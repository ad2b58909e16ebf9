//! The places of a wiring, and what stands at each of them at the start.

ghost use Rattle.std.specs.Prelude.{◌≡◌, ◌≤◌, ◌++◌, [], length, IfOk, OnOk};
ghost use Rattle.ccr_base.specs.Bounds.{most_places};
ghost use Rattle.ccr_wiring.specs.Wirings.{kind_of, policy_of};
ghost use Rattle.ccr_places.specs.Interleaves.{start};
ghost use Rattle.ccr_object.specs.Starts.{port_places, queue_places, arbiter_places, site_places, places_of, member_at, members, branches_of, groups_of, first_branch, fires_once, fresh_arbiter, start_at};

use crate::object::Object;
use ccr_arbiter::ArbiterObject;
use ccr_await::SiteObject;
use ccr_base::{ArbiterNo, BranchNo, Group, List, OutOfMemory, Place, Spot};
use ccr_interleave::InterleaveObject;
use ccr_port::PortObject;
use ccr_queue::{Meter, QueueObject};
use ccr_wiring::{Kind, Wiring};
use std::alloc::Global;

/// All places: ports, arbiters, sites, queues, each by their numbers, and the meter. Locks can keep as many.
pub fn places_of(alloc: Global, wiring: &Wiring) -> Result<List<Place>, OutOfMemory>
    ensures places { IfOk result (λ places. places ≡ places_of wiring.now) }
    ensures count { IfOk result (λ places. (1 ≤ length places) × (length places ≤ most_places)) }
{
    // `parts` says that the wiring is valid.
    let _valid = wiring.parts();
    let places = all_places(alloc, wiring)?;
    Ok(places)
}

fn all_places(alloc: Global, wiring: &Wiring) -> Result<List<Place>, OutOfMemory>
    ensures { IfOk result (λ places. places ≡ places_of wiring.now) }
{
    let parts = wiring.parts();
    let mut places = Vec::new(alloc);
    add_ports(&mut places, parts.ports.as_slice().len() as u32)?;
    add_arbiters(&mut places, wiring, parts.arbiters.as_slice().len() as u32)?;
    add_sites(&mut places, wiring.spots())?;
    add_queues(&mut places, parts.queues.as_slice().len() as u32)?;
    places.push(Place::Meter)?;
    Ok(List::from_vec(places))
}

fn add_ports(places: &mut Vec<Place>, count: u32) -> Result<(), OutOfMemory>
    ensures { OnOk result (places.new.items ≡ places.old.items ++ port_places count) }
{
    for number in 0..count {
        places.push(Place::Port(number))?;
    }
    Ok(())
}

fn add_queues(places: &mut Vec<Place>, count: u32) -> Result<(), OutOfMemory>
    ensures { OnOk result (places.new.items ≡ places.old.items ++ queue_places count) }
{
    for number in 0..count {
        places.push(Place::Queue(number))?;
    }
    Ok(())
}

/// One for each domain, under its number.
fn add_arbiters(places: &mut Vec<Place>, wiring: &Wiring, count: u32) -> Result<(), OutOfMemory>
    requires { count ≤ length wiring.now.arbiters }
    ensures { OnOk result (places.new.items ≡ places.old.items ++ arbiter_places wiring.now.domains count) }
{
    for number in 0..count {
        if wiring.domain(number) == number {
            places.push(Place::Arbiter(number))?;
        }
    }
    Ok(())
}

fn add_sites(places: &mut Vec<Place>, spots: &[Spot]) -> Result<(), OutOfMemory>
    ensures { OnOk result (places.new.items ≡ places.old.items ++ site_places spots.now) }
{
    for spot in spots {
        if let Spot::Site(branch, site) = *spot {
            places.push(Place::Site(branch, site))?;
        }
    }
    Ok(())
}

/// What stands at the place before all notes.
pub(crate) fn object_at(alloc: Global, wiring: &Wiring, place: Place) -> Result<Object, OutOfMemory>
    ensures object { IfOk result (λ object. object ≡ start_at wiring.now place) }
{
    Ok(match place {
        Place::Port(number) => Object::Port(PortObject::new(alloc, number)),
        Place::Arbiter(number) => arbiter_at(alloc, wiring, number)?,
        Place::Site(branch, site) => Object::Site(SiteObject::new(alloc, branch, site)),
        Place::Queue(number) => {
            let policy = wiring.policy_of(number);
            Object::Queue(QueueObject::new(alloc, number, policy))
        }
        Place::Meter => Object::Meter(Meter::new(wiring.parts().budget)),
    })
}

/// The arbiter of this number with the branches of its domain.
fn arbiter_at(alloc: Global, wiring: &Wiring, number: ArbiterNo) -> Result<Object, OutOfMemory>
    ensures { IfOk result (λ object. object ≡ fresh_arbiter (kind_of wiring.now number) (members wiring.now number)) }
{
    let listed = members(alloc, wiring, number)?;
    match wiring.kind_of(number) {
        Kind::Receive => {
            let receiver = ArbiterObject::receiver(alloc, first_of(&listed), is_once(&listed));
            Ok(Object::Arbiter(receiver))
        }
        Kind::Choice => {
            let count = count_of(wiring, number, &listed);
            let choice = ArbiterObject::choice(alloc, first_of(&listed), count);
            Ok(Object::Arbiter(choice))
        }
        Kind::Interleave => Ok(Object::Interleave(interleave_of(alloc, &listed)?)),
    }
}

/// The branches of the domain, rising, each with its group.
fn members(
    alloc: Global,
    wiring: &Wiring,
    domain: ArbiterNo,
) -> Result<Vec<(BranchNo, Group)>, OutOfMemory>
    ensures { IfOk result (λ listed. listed.items ≡ members wiring.now domain) }
{
    let mut listed = Vec::new(alloc);
    for spot in wiring.spots() {
        if let Some(member) = member_at(wiring, domain, *spot) {
            listed.push(member)?;
        }
    }
    Ok(listed)
}

fn member_at(wiring: &Wiring, domain: ArbiterNo, spot: Spot) -> Option<(BranchNo, Group)>
    ensures { result ≡ member_at wiring.now domain spot }
{
    let Spot::Branch(branch) = spot else {
        return None;
    };
    let placement = wiring.placement(branch)?;
    if placement.domain == domain as usize {
        Some((branch, placement.branch.group))
    } else {
        None
    }
}

/// How many branches the domain has, which are these.
fn count_of(wiring: &Wiring, domain: ArbiterNo, listed: &[(BranchNo, Group)]) -> u32
    requires { listed.now ≡ members wiring.now domain }
    ensures { result ≡ length listed.now }
{
    // `parts` says that the wiring is valid.
    let _valid = wiring.parts();
    listed.len() as u32
}

fn first_of(listed: &[(BranchNo, Group)]) -> BranchNo
    ensures { result ≡ first_branch listed.now }
{
    match listed.first() {
        Some(member) => member.0,
        None => 0,
    }
}

fn is_once(listed: &[(BranchNo, Group)]) -> bool
    ensures { result ≡ fires_once listed.now }
{
    match listed.first() {
        Some(member) => matches!(member.1, Group::Once),
        None => false,
    }
}

fn branches_of(alloc: Global, listed: &[(BranchNo, Group)]) -> Result<List<BranchNo>, OutOfMemory>
    ensures { IfOk result (λ branches. branches ≡ branches_of listed.now) }
{
    let branches: Vec<BranchNo> = listed.iter().map(|member| member.0).collect(alloc)?;
    Ok(List::from_vec(branches))
}

fn groups_of(alloc: Global, listed: &[(BranchNo, Group)]) -> Result<List<Group>, OutOfMemory>
    ensures { IfOk result (λ groups. groups ≡ groups_of listed.now) }
{
    let mut groups = Vec::new(alloc);
    for member in listed {
        groups.push(member.1)?;
    }
    Ok(List::from_vec(groups))
}

fn interleave_of(
    alloc: Global,
    listed: &[(BranchNo, Group)],
) -> Result<InterleaveObject, OutOfMemory>
    ensures { IfOk result (λ place. place ≡ record { state = start (branches_of listed.now) (groups_of listed.now); tasks = [] }) }
{
    let branches = branches_of(alloc, listed)?;
    let groups = groups_of(alloc, listed)?;
    Ok(InterleaveObject::new(alloc, branches, groups))
}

________________

TASK BRIEF:
Once you have read the entries, reproduce each one exactly.

ANSWER SECTION:
repository ad2b58909e16ebf9
//! The places of a wiring, and what stands at each of them at the start.

ghost use Rattle.std.specs.Prelude.{◌≡◌, ◌≤◌, ◌++◌, [], length, IfOk, OnOk};
ghost use Rattle.ccr_base.specs.Bounds.{most_places};
ghost use Rattle.ccr_wiring.specs.Wirings.{kind_of, policy_of};
ghost use Rattle.ccr_places.specs.Interleaves.{start};
ghost use Rattle.ccr_object.specs.Starts.{port_places, queue_places, arbiter_places, site_places, places_of, member_at, members, branches_of, groups_of, first_branch, fires_once, fresh_arbiter, start_at};

use crate::object::Object;
use ccr_arbiter::ArbiterObject;
use ccr_await::SiteObject;
use ccr_base::{ArbiterNo, BranchNo, Group, List, OutOfMemory, Place, Spot};
use ccr_interleave::InterleaveObject;
use ccr_port::PortObject;
use ccr_queue::{Meter, QueueObject};
use ccr_wiring::{Kind, Wiring};
use std::alloc::Global;

/// All places: ports, arbiters, sites, queues, each by their numbers, and the meter. Locks can keep as many.
pub fn places_of(alloc: Global, wiring: &Wiring) -> Result<List<Place>, OutOfMemory>
    ensures places { IfOk result (λ places. places ≡ places_of wiring.now) }
    ensures count { IfOk result (λ places. (1 ≤ length places) × (length places ≤ most_places)) }
{
    // `parts` says that the wiring is valid.
    let _valid = wiring.parts();
    let places = all_places(alloc, wiring)?;
    Ok(places)
}

fn all_places(alloc: Global, wiring: &Wiring) -> Result<List<Place>, OutOfMemory>
    ensures { IfOk result (λ places. places ≡ places_of wiring.now) }
{
    let parts = wiring.parts();
    let mut places = Vec::new(alloc);
    add_ports(&mut places, parts.ports.as_slice().len() as u32)?;
    add_arbiters(&mut places, wiring, parts.arbiters.as_slice().len() as u32)?;
    add_sites(&mut places, wiring.spots())?;
    add_queues(&mut places, parts.queues.as_slice().len() as u32)?;
    places.push(Place::Meter)?;
    Ok(List::from_vec(places))
}

fn add_ports(places: &mut Vec<Place>, count: u32) -> Result<(), OutOfMemory>
    ensures { OnOk result (places.new.items ≡ places.old.items ++ port_places count) }
{
    for number in 0..count {
        places.push(Place::Port(number))?;
    }
    Ok(())
}

fn add_queues(places: &mut Vec<Place>, count: u32) -> Result<(), OutOfMemory>
    ensures { OnOk result (places.new.items ≡ places.old.items ++ queue_places count) }
{
    for number in 0..count {
        places.push(Place::Queue(number))?;
    }
    Ok(())
}

/// One for each domain, under its number.
fn add_arbiters(places: &mut Vec<Place>, wiring: &Wiring, count: u32) -> Result<(), OutOfMemory>
    requires { count ≤ length wiring.now.arbiters }
    ensures { OnOk result (places.new.items ≡ places.old.items ++ arbiter_places wiring.now.domains count) }
{
    for number in 0..count {
        if wiring.domain(number) == number {
            places.push(Place::Arbiter(number))?;
        }
    }
    Ok(())
}

fn add_sites(places: &mut Vec<Place>, spots: &[Spot]) -> Result<(), OutOfMemory>
    ensures { OnOk result (places.new.items ≡ places.old.items ++ site_places spots.now) }
{
    for spot in spots {
        if let Spot::Site(branch, site) = *spot {
            places.push(Place::Site(branch, site))?;
        }
    }
    Ok(())
}

/// What stands at the place before all notes.
pub(crate) fn object_at(alloc: Global, wiring: &Wiring, place: Place) -> Result<Object, OutOfMemory>
    ensures object { IfOk result (λ object. object ≡ start_at wiring.now place) }
{
    Ok(match place {
        Place::Port(number) => Object::Port(PortObject::new(alloc, number)),
        Place::Arbiter(number) => arbiter_at(alloc, wiring, number)?,
        Place::Site(branch, site) => Object::Site(SiteObject::new(alloc, branch, site)),
        Place::Queue(number) => {
            let policy = wiring.policy_of(number);
            Object::Queue(QueueObject::new(alloc, number, policy))
        }
        Place::Meter => Object::Meter(Meter::new(wiring.parts().budget)),
    })
}

/// The arbiter of this number with the branches of its domain.
fn arbiter_at(alloc: Global, wiring: &Wiring, number: ArbiterNo) -> Result<Object, OutOfMemory>
    ensures { IfOk result (λ object. object ≡ fresh_arbiter (kind_of wiring.now number) (members wiring.now number)) }
{
    let listed = members(alloc, wiring, number)?;
    match wiring.kind_of(number) {
        Kind::Receive => {
            let receiver = ArbiterObject::receiver(alloc, first_of(&listed), is_once(&listed));
            Ok(Object::Arbiter(receiver))
        }
        Kind::Choice => {
            let count = count_of(wiring, number, &listed);
            let choice = ArbiterObject::choice(alloc, first_of(&listed), count);
            Ok(Object::Arbiter(choice))
        }
        Kind::Interleave => Ok(Object::Interleave(interleave_of(alloc, &listed)?)),
    }
}

/// The branches of the domain, rising, each with its group.
fn members(
    alloc: Global,
    wiring: &Wiring,
    domain: ArbiterNo,
) -> Result<Vec<(BranchNo, Group)>, OutOfMemory>
    ensures { IfOk result (λ listed. listed.items ≡ members wiring.now domain) }
{
    let mut listed = Vec::new(alloc);
    for spot in wiring.spots() {
        if let Some(member) = member_at(wiring, domain, *spot) {
            listed.push(member)?;
        }
    }
    Ok(listed)
}

fn member_at(wiring: &Wiring, domain: ArbiterNo, spot: Spot) -> Option<(BranchNo, Group)>
    ensures { result ≡ member_at wiring.now domain spot }
{
    let Spot::Branch(branch) = spot else {
        return None;
    };
    let placement = wiring.placement(branch)?;
    if placement.domain == domain as usize {
        Some((branch, placement.branch.group))
    } else {
        None
    }
}

/// How many branches the domain has, which are these.
fn count_of(wiring: &Wiring, domain: ArbiterNo, listed: &[(BranchNo, Group)]) -> u32
    requires { listed.now ≡ members wiring.now domain }
    ensures { result ≡ length listed.now }
{
    // `parts` says that the wiring is valid.
    let _valid = wiring.parts();
    listed.len() as u32
}

fn first_of(listed: &[(BranchNo, Group)]) -> BranchNo
    ensures { result ≡ first_branch listed.now }
{
    match listed.first() {
        Some(member) => member.0,
        None => 0,
    }
}

fn is_once(listed: &[(BranchNo, Group)]) -> bool
    ensures { result ≡ fires_once listed.now }
{
    match listed.first() {
        Some(member) => matches!(member.1, Group::Once),
        None => false,
    }
}

fn branches_of(alloc: Global, listed: &[(BranchNo, Group)]) -> Result<List<BranchNo>, OutOfMemory>
    ensures { IfOk result (λ branches. branches ≡ branches_of listed.now) }
{
    let branches: Vec<BranchNo> = listed.iter().map(|member| member.0).collect(alloc)?;
    Ok(List::from_vec(branches))
}

fn groups_of(alloc: Global, listed: &[(BranchNo, Group)]) -> Result<List<Group>, OutOfMemory>
    ensures { IfOk result (λ groups. groups ≡ groups_of listed.now) }
{
    let mut groups = Vec::new(alloc);
    for member in listed {
        groups.push(member.1)?;
    }
    Ok(List::from_vec(groups))
}

fn interleave_of(
    alloc: Global,
    listed: &[(BranchNo, Group)],
) -> Result<InterleaveObject, OutOfMemory>
    ensures { IfOk result (λ place. place ≡ record { state = start (branches_of listed.now) (groups_of listed.now); tasks = [] }) }
{
    let branches = branches_of(alloc, listed)?;
    let groups = groups_of(alloc, listed)?;
    Ok(InterleaveObject::new(alloc, branches, groups))
}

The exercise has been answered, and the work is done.